Gepubliceerd op 14-03-2019

Physocárpus MAXIM

betekenis & definitie

Blaasspiraea Struiken met tamelijk dikke, broze takken, in de lengte met dunne strepen afschilferende schors, zomergroene, verspreid staande, 3-5-lobbige, gezaagde, handnervige bladeren met vrij grote, afvallende steunblaadjes.

Bloemen 2-slachtig in eindstandige tuilen of schermvormige trossen aan kortloten, meestal wit, zelden rosé getint; 5 opstaande kelkbladen en meer uitgespreid staande kroonbladen; 20-40 meeldraden; 1-5 stampers; vrucht een weinig opgeblazen, langs 2 naden openspringend; zaden glanzend met zeer harde zaadhuid.
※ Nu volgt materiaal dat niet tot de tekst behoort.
//! The records of an image, and the bytes of one more.
ghost use Rattle.std.specs.Prelude.{◌≡◌, ◌<◌, ◌≤◌, ◌+◌, ◌++◌, ◌∷◌, [], ◌^◌, ℕ, length, take, replicate, IfOk, IfErr, IfSome, IsNone, OnOk, OnErr, Ok, Err};
ghost use Rattle.std.specs.Int.{w32, to_be_bytes};
ghost use Rattle.qc_journal.specs.Image.{IsShort, IsCutOff, EndsAt, IsBroken, behind_gate, bodies_of};
ghost use Rattle.qc_journal.specs.Fault.{IsOfBytes};
ghost use Rattle.qc_journal.specs.declared.fault.Fault.TheVariants.{Broken, Memory};

use crate::fault::Fault;
use std::alloc::{AllocError, Global};
use std::iter;

/// The bytes of a record.
pub type Body = Vec<u8>;

/// What stands in an image.
#[derive(Drop)]
pub(crate) struct Found {
    /// How many bytes there are.
    pub(crate) size: u64,
    /// Where the first closed gate is, if any.
    pub(crate) place: u64,
    pub(crate) bodies: Vec<Body>,
}

// A generic push: one at the type of bodies may get no proof.
fn append<T: Drop>(items: &mut Vec<T>, item: T) -> Result<(), AllocError>
    ensures ok { OnOk result (items.new.items ≡ items.old.items ++ item ∷ []) }
    ensures err { OnErr result (items.new.items ≡ items.old.items) }
{
    items.push(item)?;
    Ok(())
}

// The length of the body behind an open gate, where the record and the next gate are whole.
fn body_size(after: &[u8]) -> Option<usize>
    ensures whole { IfSome result (λ n. 5 + n ≤ length after.now) }
    ensures length { IfSome result (λ n. take 4 after.now ≡ to_be_bytes w32 n) }
    ensures short { IfSome result (λ n. n < 2 ^ 32) }
    ensures none { IsNone result → IsCutOff after.now }
{
    let [a, b, c, d, rest @ ..] = after else {
        return None;
    };
    let size = u32::from_be_bytes([*a, *b, *c, *d]) as usize;
    if rest.len() <= size {
        return None;
    }
    Some(size)
}

/// Reads the records of an image of more than one byte.
pub(crate) fn scan(alloc: Global, bytes: &[u8]) -> Result<Found, Fault>
    requires { 1 < length bytes.now }
    ensures records { IfOk result (λ found. EndsAt found.place
        (bodies_of found.bodies.items) bytes.now) }
    ensures within { IfOk result (λ found. found.place < length bytes.now) }
    ensures size { IfOk result (λ found. found.size ≡ length bytes.now) }
    ensures broken { (place : ℕ) → result ≡ Err (Broken place) → IsBroken place bytes.now }
    ensures fault { IfErr result IsOfBytes }
{
    let mut bodies = Vec::new(alloc);
    let mut place = 0;
    while bytes[place] == 1 {
        let after = &bytes[place + 1..];
        let Some(size) = body_size(after) else {
            let place = place as u64;
            return Err(Fault::Broken { place });
        };
        append(&mut bodies, after[4..4 + size].to_vec(alloc)?)?;
        place += 5 + size;
    }
    Ok(Found {
        size: bytes.len() as u64,
        place: place as u64,
        bodies,
    })
}

/// What is written behind a gate, after a number of bytes that are missing.
pub(crate) fn block_of(alloc: Global, missing: u64, body: &[u8]) -> Result<Vec<u8>, AllocError>
    requires { IsShort body.now }
    ensures { IfOk result (λ block. block.items ≡ replicate missing 0 ++ behind_gate body.now) }
{
    let mut block: Vec<u8> = iter::repeat_n(0, missing as usize).collect(alloc)?;
    block.extend_from_slice(&(body.len() as u32).to_be_bytes())?;
    block.extend_from_slice(body)?;
    block.push(0)?;
    Ok(block)
}
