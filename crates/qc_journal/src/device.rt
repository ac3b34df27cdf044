//! Runs of calls of a disk.
ghost use Rattle.std.specs.Prelude.{◌≡◌, ◌≤◌, ◌<◌, ◌+◌, ℕ, List, max, length, take, option_map, IfOk, IfSome, OnOk, OnErr, IsErrOf, IsTrue, ◌↔◌, slice_index};
ghost use Rattle.qc_disk.specs.Disk.{HasCause, CountsOnce, written, Torn, Cut, ImagesFollow, Within, Only, Steps, Holds, LeavesOnly, FallsAway, ChangesOnce};
ghost use Rattle.qc_journal.specs.Device.{Touched};

use qc_disk::{Disk, DiskNo};
use std::alloc::Global;
use std::iter;

/// Writes, and syncs.
pub(crate) fn write_synced<D: Disk>(disk: &mut D, at: u64, bytes: &[u8]) -> Result<(), DiskNo>
    requires { at ≤ (D.view disk.old).size }
    ensures written { OnOk result ((D.view disk.new).content ≡ option_map (written at bytes.now)
        (D.view disk.old).content) }
    ensures durable { OnOk result (Only (D.view disk.new).content (D.view disk.new).may_leave) }
    ensures size { OnOk result ((D.view disk.new).size ≡ max (D.view disk.old).size
        (at + length bytes.now)) }
    ensures torn { Steps (Torn at (length bytes.now)) (D.view disk.old).content
        (D.view disk.new).content }
    ensures crash { ImagesFollow (Torn at (length bytes.now)) (D.view disk.old).may_leave
        (D.view disk.new).may_leave }
    ensures any_moment { LeavesOnly D.view disk.old disk.new
        (Touched (Torn at (length bytes.now)) (D.view disk.old).may_leave) }
    ensures once { ChangesOnce D.view disk.old disk.new }
    ensures cause { HasCause (D.view disk.old).faults (D.view disk.new).faults
        (IsErrOf result DiskNo.Failed) }
    ensures counts_once { CountsOnce (D.view disk.old).faults (D.view disk.new).faults
        (IsErrOf result DiskNo.Failed) }
{
    disk.write_at(at, bytes)?;
    disk.sync()
}

/// Cuts to a length, and syncs.
pub(crate) fn cut_synced<D: Disk>(disk: &mut D, to: u64) -> Result<(), DiskNo>
    requires { to ≤ (D.view disk.old).size }
    ensures cut { OnOk result ((D.view disk.new).content ≡ option_map (take to)
        (D.view disk.old).content) }
    ensures durable { OnOk result (Only (D.view disk.new).content (D.view disk.new).may_leave) }
    ensures size { OnOk result ((D.view disk.new).size ≡ to) }
    ensures shorter { Steps (Cut to) (D.view disk.old).content (D.view disk.new).content }
    ensures crash { ImagesFollow (Cut to) (D.view disk.old).may_leave (D.view disk.new).may_leave }
    ensures any_moment { LeavesOnly D.view disk.old disk.new
        (Touched (Cut to) (D.view disk.old).may_leave) }
    ensures cause { HasCause (D.view disk.old).faults (D.view disk.new).faults
        (IsErrOf result DiskNo.Failed) }
    ensures counts_once { CountsOnce (D.view disk.old).faults (D.view disk.new).faults
        (IsErrOf result DiskNo.Failed) }
{
    disk.cut(to)?;
    disk.sync()
}

/// Syncs, and says how many bytes there are.
pub(crate) fn synced_len<D: Disk>(disk: &mut D) -> Result<u64, DiskNo>
    ensures size { IfOk result (λ n. n ≡ (D.view disk.new).size) }
    ensures durable { OnOk result (Only (D.view disk.new).content (D.view disk.new).may_leave) }
    ensures content { (D.view disk.new).content ≡ (D.view disk.old).content }
    ensures crash { Within (D.view disk.old).may_leave (D.view disk.new).may_leave }
    ensures any_moment { LeavesOnly D.view disk.old disk.new (D.view disk.old).may_leave }
    ensures falls { FallsAway D.view disk.old disk.new }
    ensures cause { HasCause (D.view disk.old).faults (D.view disk.new).faults
        (IsErrOf result DiskNo.Failed) }
    ensures counts_once { CountsOnce (D.view disk.old).faults (D.view disk.new).faults
        (IsErrOf result DiskNo.Failed) }
{
    disk.sync()?;
    disk.len()
}

/// Reads this number of bytes, the first ones.
pub(crate) fn read_front<D: Disk>(alloc: Global, disk: &mut D, size: u64) -> Result<Vec<u8>, DiskNo>
    requires { size ≤ (D.view disk.old).size }
    ensures size { IfOk result (λ bytes. length bytes.items ≡ size) }
    ensures bytes { IfOk result (λ bytes. Holds (D.view disk.old).content 0 bytes.items) }
    ensures content { (D.view disk.new).content ≡ (D.view disk.old).content }
    ensures same_size { (D.view disk.new).size ≡ (D.view disk.old).size }
    ensures crash { Within (D.view disk.old).may_leave (D.view disk.new).may_leave }
    ensures any_moment { LeavesOnly D.view disk.old disk.new (D.view disk.old).may_leave }
    ensures falls { FallsAway D.view disk.old disk.new }
    ensures cause { HasCause (D.view disk.old).faults (D.view disk.new).faults
        (IsErrOf result DiskNo.Failed) }
    ensures counts_once { CountsOnce (D.view disk.old).faults (D.view disk.new).faults
        (IsErrOf result DiskNo.Failed) }
{
    let mut bytes: Vec<u8> = iter::repeat_n(0, size as usize).collect(alloc)?;
    disk.read(0, &mut bytes)?;
    Ok(bytes)
}

/// Whether the byte at a place is an open gate. A gate that cannot be within the size is none.
pub(crate) fn gate_is_open<D: Disk>(disk: &mut D, place: u64, size: u64) -> Result<bool, DiskNo>
    requires { size ≡ (D.view disk.old).size }
    ensures tells { IfOk result (λ is_open. IfSome (D.view disk.old).content
        (λ bytes. IsTrue is_open ↔ (slice_index bytes place ≡ 1))) }
    ensures within { IfOk result (λ is_open. IsTrue is_open → place < size) }
    ensures content { (D.view disk.new).content ≡ (D.view disk.old).content }
    ensures size { (D.view disk.new).size ≡ (D.view disk.old).size }
    ensures crash { Within (D.view disk.old).may_leave (D.view disk.new).may_leave }
    ensures any_moment { LeavesOnly D.view disk.old disk.new (D.view disk.old).may_leave }
    ensures falls { FallsAway D.view disk.old disk.new }
    ensures cause { HasCause (D.view disk.old).faults (D.view disk.new).faults
        (IsErrOf result DiskNo.Failed) }
    ensures counts_once { CountsOnce (D.view disk.old).faults (D.view disk.new).faults
        (IsErrOf result DiskNo.Failed) }
{
    if place >= size {
        return Ok(false);
    }
    let mut gate = [0];
    disk.read(place, &mut gate)?;
    Ok(gate[0] == 1)
}
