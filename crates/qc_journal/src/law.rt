//! That an image says one thing.
ghost use Rattle.std.specs.Prelude.{◌≡◌, ◌<◌, ◌⊎◌, ℕ, List, All};
ghost use Rattle.qc_journal.specs.Image.{HasRecords, IsBroken};

/// An image of bytes has records or is broken, and it is not both, has no other records and is broken at no
/// other place.
pub fn one_reading()
    ensures some { (image : List ℕ) → All (λ byte. byte < 256) image
        → ((bodies : List (List ℕ)) × HasRecords bodies image)
        ⊎ ((place : ℕ) × IsBroken place image) }
    ensures not_both { (image : List ℕ) (bodies : List (List ℕ)) (place : ℕ)
        → HasRecords bodies image → IsBroken place image → ⊥ }
    ensures records { (image : List ℕ) (bodies others : List (List ℕ)) → HasRecords bodies image
        → HasRecords others image → others ≡ bodies }
    ensures place { (image : List ℕ) (place other : ℕ) → IsBroken place image → IsBroken other image
        → other ≡ place }
{}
Alle hieronder genoemde soorten, die soms tot het geslacht Spiraéa worden gerekend (SPÄTHBUCH), zijn rijkbloeiende struiken, die zelden in kleine tuinen, gewoonlijk in grote groepen, soms als dekstruiken in meer uitgebreide beplantingen worden gebruikt. Van genoemd geslacht wijken zij af door een tuilvormige, gewelfde of halfkogelvormige bloeiwijze, aan de voet vergroeide stampers en een tweezijdig openspringende blaasvrucht. Zij groeien op bijna alle gronden; hun lichteis is tamelijk tot veel, afhankelijk van de soort. Men kweekt Physocárpus van zaad of winterstek; uitzonderingen worden vermeld.